In my first playthrough I listen to my workers. I give them everything they want; I research better safety measures in all working places; I sign a law giving them shorter hours; I make sure that they eat hearty meals (no cocaine pills, I promise). This all takes time and resources, which I don't mind, but if you fall behind the British Empire's schedule they will fire you. Unfortunately, this happened to Chris when he tried to form a labour union. You are put in a little dingy and sent back to Britain, that's if the frost doesn't get you sooner. 

Another difference in The Last Autumn is that there is a divide between workers and engineers. The underlying tension between the two groups can force you to pick a side, echoing the faith vs order decisions in the base game. Supporting one or the other will yield different advantages and consequences. You think a child workforce was bad enough, now you have to decide if you want to sign off on a group of strikebreakers employed to inflict violence against workers who just want better working conditions.

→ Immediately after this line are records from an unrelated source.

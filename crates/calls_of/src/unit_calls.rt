// The calls of a unit (ISO/IEC 9899:1999, 6.5.2.2, 6.9.1, 6.10.3).
ghost use Rattle.std.specs.Prelude.{◌≡◌, ◌++◌, Some, false, length, OnOk};
ghost use Rattle.std.specs.List.{flat_map, range_with_len};
ghost use Rattle.std.specs.Option.{option_copied, option_map_or, option_to_list};
ghost use Rattle.analysis.specs.Below.scope_bind.Bound.{is_function_name};
ghost use Rattle.analysis.specs.Below.scope_bind.Names.{kind_at};
ghost use Rattle.analysis.specs.Below.unit_steps.declared.events.EventKind.TheVariants.{Replaced};
ghost use Rattle.calls_of.specs.Graphs.{event_node};
ghost use Rattle.calls_of.specs.InUnits.{first_of, function_node, macro_around, function_around, caller_of, entity_call, direct_call, replacing, replacement_call, unit_calls, function_named, unit_nodes};

use crate::call::{NamedCall, call_for, push_call};
use crate::known::Known;
use crate::named::{Named, event_node, node_named, push_node};
use crate::nodes::NodeKind;
use crate::one_unit::OneUnit;
use crate::open_bodies::body_at;
use analysis::{EntityKind, Event, EventKind, List, is_external};
use cs_base::{Memory, Pos, Tok};

impl<'a> OneUnit<'a> {
    // The first occurrence of an entity.
    fn first_of(&self, known: &Known<'a>, entity: u32) -> Option<&'a Tok>
        ensures { option_copied result ≡ first_of known.now self.now entity }
    {
        let toks = self.toks;
        let tok = toks.get(entity as usize)?;
        if is_external(self.bound.linkage(entity)) {
            known.first(self.project, tok.text())
        } else {
            Some(tok)
        }
    }

    /// The node of a function.
    pub(crate) fn function_node(&self, known: &Known<'a>, entity: u32) -> Option<Named<'a>>
        ensures { result ≡ function_node known.now self.now entity }
    {
        match self.first_of(known, entity) {
            Some(tok) => node_named(NodeKind::Function, tok),
            None => None,
        }
    }

    // The macro in whose replacement list a name stands.
    fn macro_around(&self, known: &Known<'a>, tok: &Tok) -> Option<Named<'a>>
        ensures { result ≡ macro_around known.now self.now tok.now }
    {
        match known.owner(tok) {
            Some(name) => node_named(NodeKind::Macro, name),
            None => None,
        }
    }

    // The function whose body is open behind so many tokens.
    fn function_around(&self, known: &Known<'a>, before: u32) -> Option<Named<'a>>
        ensures { result ≡ function_around known.now self.now before }
    {
        let name = body_at(&self.bodies, before)?;
        let entity = self.bound.entity(name)?;
        self.function_node(known, entity)
    }

    // The caller of a name behind so many tokens.
    fn caller_of(&self, known: &Known<'a>, before: u32, tok: &Tok) -> Option<Named<'a>>
        ensures { result ≡ caller_of known.now self.now before tok.now }
    {
        match self.macro_around(known, tok) {
            Some(node) => Some(node),
            None => self.function_around(known, before),
        }
    }

    // Whether an entity is a function.
    fn is_function(&self, entity: u32) -> bool
        ensures { result ≡ option_map_or is_function_name (kind_at self.now.bound.now.names entity) false }
    {
        match self.bound.kind(entity) {
            Some(EntityKind::Function) => true,
            _ => false,
        }
    }

    // The call of an entity by its name, token `k`, if it is a function.
    fn entity_call(
        &self,
        known: &Known<'a>,
        k: u32,
        tok: &Tok,
        entity: u32,
    ) -> Option<NamedCall<'a>>
        ensures { option_to_list result ≡ entity_call known.now self.now k tok.now entity }
    {
        if self.is_function(entity) {
            call_for(
                self.caller_of(known, k, tok),
                self.function_node(known, entity),
            )
        } else {
            None
        }
    }

    // The call whose callee is the name of a list of arguments.
    fn direct_call(&self, known: &Known<'a>, list: &List) -> Option<NamedCall<'a>>
        ensures { option_to_list result ≡ direct_call known.now self.now list.now }
    {
        let toks = self.toks;
        let tok = toks.get(list.name as usize)?;
        let entity = self.bound.entity(list.name)?;
        self.entity_call(known, list.name, tok, entity)
    }

    // The call of the macro whose name stands there in its definition, if it stands anywhere.
    fn replacing(
        &self,
        known: &Known<'a>,
        name: &'a Tok,
        def: Option<Pos>,
        before: u32,
    ) -> Option<NamedCall<'a>>
        ensures { option_to_list result ≡ replacing known.now self.now Replaced (Some name.now) def before }
    {
        match def {
            Some(at) => call_for(
                self.caller_of(known, before, name),
                Some(Named::new(NodeKind::Macro, name.text(), at)),
            ),
            None => None,
        }
    }

    // That of an event which replaces a name.
    fn replaced(&self, known: &Known<'a>, event: &'a Event) -> Option<NamedCall<'a>>
        ensures { option_to_list result ≡ replacing known.now self.now Replaced event.now.name event.now.def event.now.before }
    {
        match &event.name {
            Some(name) => self.replacing(known, name, event.def, event.before),
            None => None,
        }
    }

    // That of an event, if it replaces a name.
    fn replacement_call(&self, known: &Known<'a>, event: &'a Event) -> Option<NamedCall<'a>>
        ensures { option_to_list result ≡ replacement_call known.now self.now event.now }
    {
        match event.kind {
            EventKind::Replaced => self.replaced(known, event),
            _ => None,
        }
    }

    // Adds the call of a list of arguments.
    fn add_direct(
        &self,
        known: &Known<'a>,
        calls: &mut Vec<NamedCall<'a>>,
        list: &List,
    ) -> Result<(), Memory>
        ensures { OnOk result (calls.new.items ≡ calls.old.items ++ direct_call known.now self.now list.now) }
    {
        push_call(calls, self.direct_call(known, list))
    }

    // Adds the calls of lists of arguments.
    fn add_all_direct(
        &self,
        known: &Known<'a>,
        calls: &mut Vec<NamedCall<'a>>,
        lists: &[List],
    ) -> Result<(), Memory>
        ensures { OnOk result (calls.new.items ≡ calls.old.items ++ flat_map (direct_call known.now self.now) lists.now) }
    {
        for list in lists {
            self.add_direct(known, calls, list)?;
        }
        Ok(())
    }

    // Adds the call that an event is, if it is one.
    fn add_replacement(
        &self,
        known: &Known<'a>,
        calls: &mut Vec<NamedCall<'a>>,
        event: &'a Event,
    ) -> Result<(), Memory>
        ensures { OnOk result (calls.new.items ≡ calls.old.items ++ replacement_call known.now self.now event.now) }
    {
        push_call(calls, self.replacement_call(known, event))
    }

    // Adds the calls of macros.
    fn add_replacements(
        &self,
        known: &Known<'a>,
        calls: &mut Vec<NamedCall<'a>>,
        events: &'a [Event],
    ) -> Result<(), Memory>
        ensures { OnOk result (calls.new.items ≡ calls.old.items ++ flat_map (replacement_call known.now self.now) events.now) }
    {
        for event in events {
            self.add_replacement(known, calls, event)?;
        }
        Ok(())
    }

    /// Adds all calls in the unit.
    pub(crate) fn push_calls(
        &self,
        known: &Known<'a>,
        events: &'a [Event],
        calls: &mut Vec<NamedCall<'a>>,
    ) -> Result<(), Memory>
        ensures { OnOk result (calls.new.items ≡ calls.old.items ++ unit_calls known.now self.now events.now) }
    {
        self.add_all_direct(known, calls, self.bound.calls())?;
        self.add_replacements(known, calls, events)
    }

    // The function that token `k` is the first one of in the unit.
    fn function_named(&self, known: &Known<'a>, k: u32) -> Option<Named<'a>>
        ensures { option_to_list result ≡ function_named known.now self.now k }
    {
        if self.is_function(k) {
            self.function_node(known, k)
        } else {
            None
        }
    }

    // Adds the function that token `k` is the first one of.
    fn add_function(
        &self,
        known: &Known<'a>,
        nodes: &mut Vec<Named<'a>>,
        k: u32,
    ) -> Result<(), Memory>
        ensures { OnOk result (nodes.new.items ≡ nodes.old.items ++ function_named known.now self.now k) }
    {
        push_node(nodes, self.function_named(known, k))
    }

    // Adds the functions of the unit.
    fn add_functions(&self, known: &Known<'a>, nodes: &mut Vec<Named<'a>>) -> Result<(), Memory>
        ensures { OnOk result (nodes.new.items ≡ nodes.old.items ++ flat_map (function_named known.now self.now) (range_with_len 0 (length self.now.toks.now))) }
    {
        if self.toks.len() > u32::MAX as usize {
            return Err(Memory);
        }
        for k in 0..self.toks.len() {
            self.add_function(known, nodes, k as u32)?;
        }
        Ok(())
    }

    /// Adds the macros that the unit defines, and its functions.
    pub(crate) fn push_nodes(
        &self,
        known: &Known<'a>,
        events: &'a [Event],
        nodes: &mut Vec<Named<'a>>,
    ) -> Result<(), Memory>
        ensures { OnOk result (nodes.new.items ≡ nodes.old.items ++ unit_nodes known.now self.now events.now) }
    {
        add_all_defined(nodes, events)?;
        self.add_functions(known, nodes)
    }
}

// Adds the macro that an event defines, if it does.
fn add_defined<'a>(nodes: &mut Vec<Named<'a>>, event: &'a Event) -> Result<(), Memory>
    ensures { OnOk result (nodes.new.items ≡ nodes.old.items ++ event_node event.now) }
{
    push_node(nodes, event_node(event))
}

// Adds the macros that `define` lines define.
fn add_all_defined<'a>(nodes: &mut Vec<Named<'a>>, events: &'a [Event]) -> Result<(), Memory>
    ensures { OnOk result (nodes.new.items ≡ nodes.old.items ++ flat_map event_node events.now) }
{
    for event in events {
        add_defined(nodes, event)?;
    }
    Ok(())
}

(Image credit: 11 bit studios)

11 bit say that it's a difficult scenario, even if you're a seasoned Frostpunk player. It's certainly tough, and I've only made it to stage three so far.

"Our most dedicated fanbase excels at finding challenges and ways to beat Frostpunk even on hardest difficulties and we wanted to provide them with something that will reward their expert knowledge of the game, while still staying fresh," Stokalski says. "At the same time mood and narrative are central to this scenario, as it always is with Frostpunk. Lower difficulties should scale well to those players who want to experience mostly the story, but the challenge of the task is inherent to the experience of this scenario and Frostpunk in general. The end of the world is no walk in the park."

It might be a difficult scenario but there are many different routes and choices that keep me returning to The Last Autumn to try again, and again, and again. It has plenty of new ideas and surprises that separate it from the core game, and it's one of the best expansions from 11 bit studios yet. Frostpunk came out two years ago, and 11 bit are still finding new ways to tell the story of their frozen world.